Relativistic electron precipitation driven by mesoscale transients, inferred from conjugate ground and multi-spacecraft platforms

Precipitation of relativistic electrons into the Earth’s atmosphere regulates the outer radiation belt fluxes and contributes to magnetosphere-atmosphere coupling. One of the main drivers of such precipitation is electron scattering by whistler-mode waves. Such waves typically originate at the equator, where they can resonate with and scatter subrelativistic (tens to a few hundred keV) electrons). However, they can occasionally be ducted by strong density gradients and propagate along field lines far from the equator, reaching middle latitudes; there they can resonate with and scatter relativistic (>500 keV) electrons. Both whistler-mode wave generation and ducting can be driven by equatorial mesoscale (order of one Earth radius) transient structures at the nightside (driven by injections) and the dayside (driven by ultra-low-frequency waves). Here we combine mea surements of whistler-mode waves from ground observatories, relativistic electron precipitation from low-altitude satellites, total electron content maps from GPS receivers, and magnetic field and electron flux from equatorial satellites.

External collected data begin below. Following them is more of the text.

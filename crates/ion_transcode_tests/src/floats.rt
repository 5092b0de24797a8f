//! Runs by the profile that reads floats, and by the one that does not.

use super::devices::Giving;
use super::runs::{LIMITS, binary, refused, text};
use super::same::{same, same_at};
use ion_meter::fault::{Fault, Reason};
use ion_meter::meter::Meter;
use ion_meter::profile::Profile;
use ion_meter::stream::{FromRead, ToWrite};
use ion_symbols::catalog::Catalog;
use ion_transcode::run::run_with;
use ion_transcode::to::{Summary, To};
use std::alloc::Global;
use std::process::Abort;

/// A text whose first value has a float at a place, how many values it has, and its canonical text and
/// binary.
struct Row<'a> {
    input: &'a str,
    place: u64,
    values: u64,
    shown: &'a str,
    octets: &'a [u8],
}

const ROWS: &[Row<'static>] = &[
    Row {
        input: "0e0 -0.0E+5",
        place: 0,
        values: 2,
        shown: "0e0\n-0e0\n",
        octets: b"\xE0\x01\x00\xEA\x40\x44\x80\x00\x00\x00",
    },
    Row {
        input: "[ 1_0.5_0e-1, nan, +inf,-inf]",
        place: 2,
        values: 1,
        shown: "[1.05e0,nan,+inf,-inf]\n",
        octets: b"\xE0\x01\x00\xEA\xBE\x98\x48\x3F\xF0\xCC\xCC\xCC\xCC\xCC\xCD\x44\x7F\xC0\x00\x00\x44\x7F\x80\x00\x00\x44\xFF\x80\x00\x00",
    },
    Row {
        input: "(5e-324 1.7976931348623157e308)",
        place: 1,
        values: 1,
        shown: "(5e-324 1.7976931348623157e308)\n",
        octets: b"\xE0\x01\x00\xEA\xCE\x92\x48\x00\x00\x00\x00\x00\x00\x00\x01\x48\x7F\xEF\xFF\xFF\xFF\xFF\xFF\xFF",
    },
    Row {
        input: "{name:6.02214076e23} 1.5",
        place: 6,
        values: 2,
        shown: "{name:6.02214076e23}\n1.5\n",
        octets: b"\xE0\x01\x00\xEA\xDA\x84\x48\x44\xDF\xE1\x85\xCA\x57\xC5\x17\x52\xC1\x0F",
    },
];

/// What a run answers of an input in pieces of so many bytes, and what it writes. All memory has to be
/// given back.
fn answer(
    rt: &impl Abort,
    alloc: Global,
    profile: Profile,
    to: To,
    input: &[u8],
    most: usize,
) -> (Result<Summary, Fault>, Vec<u8>) {
    assert!(rt; LIMITS.check());
    let mut meter = Meter::new(alloc);
    let catalog = Catalog::new(&meter);
    let reader = FromRead::new(Giving::all(input, most));
    let writer = ToWrite::new(Vec::new(alloc));
    let (outcome, _input, output) = run_with(
        &mut meter, &catalog, LIMITS, profile, to, reader, writer,
    );
    same(rt, meter.held(), 0);
    (outcome, output.into_inner())
}

#[test]
fn floats_are_read_and_written(rt: HostRuntime) {
    let alloc = rt.alloc();
    let floats = Profile::floats();
    for row in ROWS {
        let input = row.input.as_bytes();
        for most in [1, 4096] {
            let (outcome, out) = answer(&rt, alloc, floats, To::Text, input, most);
            let want = (text(row.values), row.shown.as_bytes());
            same_at(
                &rt,
                "shown",
                row.input,
                most,
                (outcome, out.as_slice()),
                want,
            );
            let (outcome, out) = answer(&rt, alloc, floats, To::Binary, input, most);
            let want = (text(row.values), row.octets);
            same_at(
                &rt,
                "converted",
                row.input,
                most,
                (outcome, out.as_slice()),
                want,
            );
            let (outcome, out) = answer(&rt, alloc, floats, To::Text, row.octets, most);
            let want = (binary(row.values), row.shown.as_bytes());
            same_at(
                &rt,
                "shown from binary",
                row.input,
                most,
                (outcome, out.as_slice()),
                want,
            );
        }
    }
}

#[test]
fn floats_are_refused_strictly(rt: HostRuntime) {
    let alloc = rt.alloc();
    for row in ROWS {
        let input = row.input.as_bytes();
        let (outcome, out) = answer(&rt, alloc, Profile::strict(), To::Nothing, input, 4096);
        let want = (refused(Reason::Float, row.place), b"".as_slice());
        same_at(
            &rt,
            "refused",
            row.input,
            0,
            (outcome, out.as_slice()),
            want,
        );
    }
}

#[test]
fn no_float_is_past_the_greatest(rt: HostRuntime) {
    let alloc = rt.alloc();
    let input = b"1 1.7976931348623159e308";
    let (outcome, out) = answer(&rt, alloc, Profile::floats(), To::Text, input, 1);
    same(&rt, outcome, refused(Reason::Range, 2));
    same(&rt, out.as_slice(), b"1\n".as_slice());
    let input = b"\xE0\x01\x00\xEA\x42\x3F\x80";
    let (outcome, out) = answer(&rt, alloc, Profile::floats(), To::Text, input, 1);
    same(&rt, outcome, refused(Reason::BadDescriptor, 4));
    same(&rt, out.as_slice(), b"".as_slice());
}
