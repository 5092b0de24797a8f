//! Tests of `ion_transcode` through its public calls: what runs write of worked streams, in whatever
//! pieces they come, and how they end.
//!
//! A crate with tests is proved once without and once with them, so these stand in a crate of their
//! own, over the library that they test. It has nothing else.
#![tactic(auto)]

#[cfg(test)]
mod catalogs;
#[cfg(test)]
mod devices;
#[cfg(test)]
mod failing_devices;
#[cfg(test)]
mod floats;
#[cfg(test)]
mod growth_rows;
#[cfg(test)]
mod growths;
#[cfg(test)]
mod heaps;
#[cfg(test)]
mod laws;
#[cfg(test)]
mod parts;
#[cfg(test)]
mod pretty;
#[cfg(test)]
mod round_trip;
#[cfg(test)]
mod rows;
#[cfg(test)]
mod runs;
#[cfg(test)]
mod same;
#[cfg(test)]
mod tables;
#[cfg(test)]
mod to_binary;
#[cfg(test)]
mod vectors;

We show that the observed relativistic electron precipitation is likely due to mid-latitude whistler-mode waves driven by equatorial transients. These ducted whistler-mode waves are likely absent in statistical models of wave occurrence rate, resulting in an underestimate of relativistic electron precipitation by mesoscale transients. These effects need to be further quantified, parametrized and duly incorporated in future models.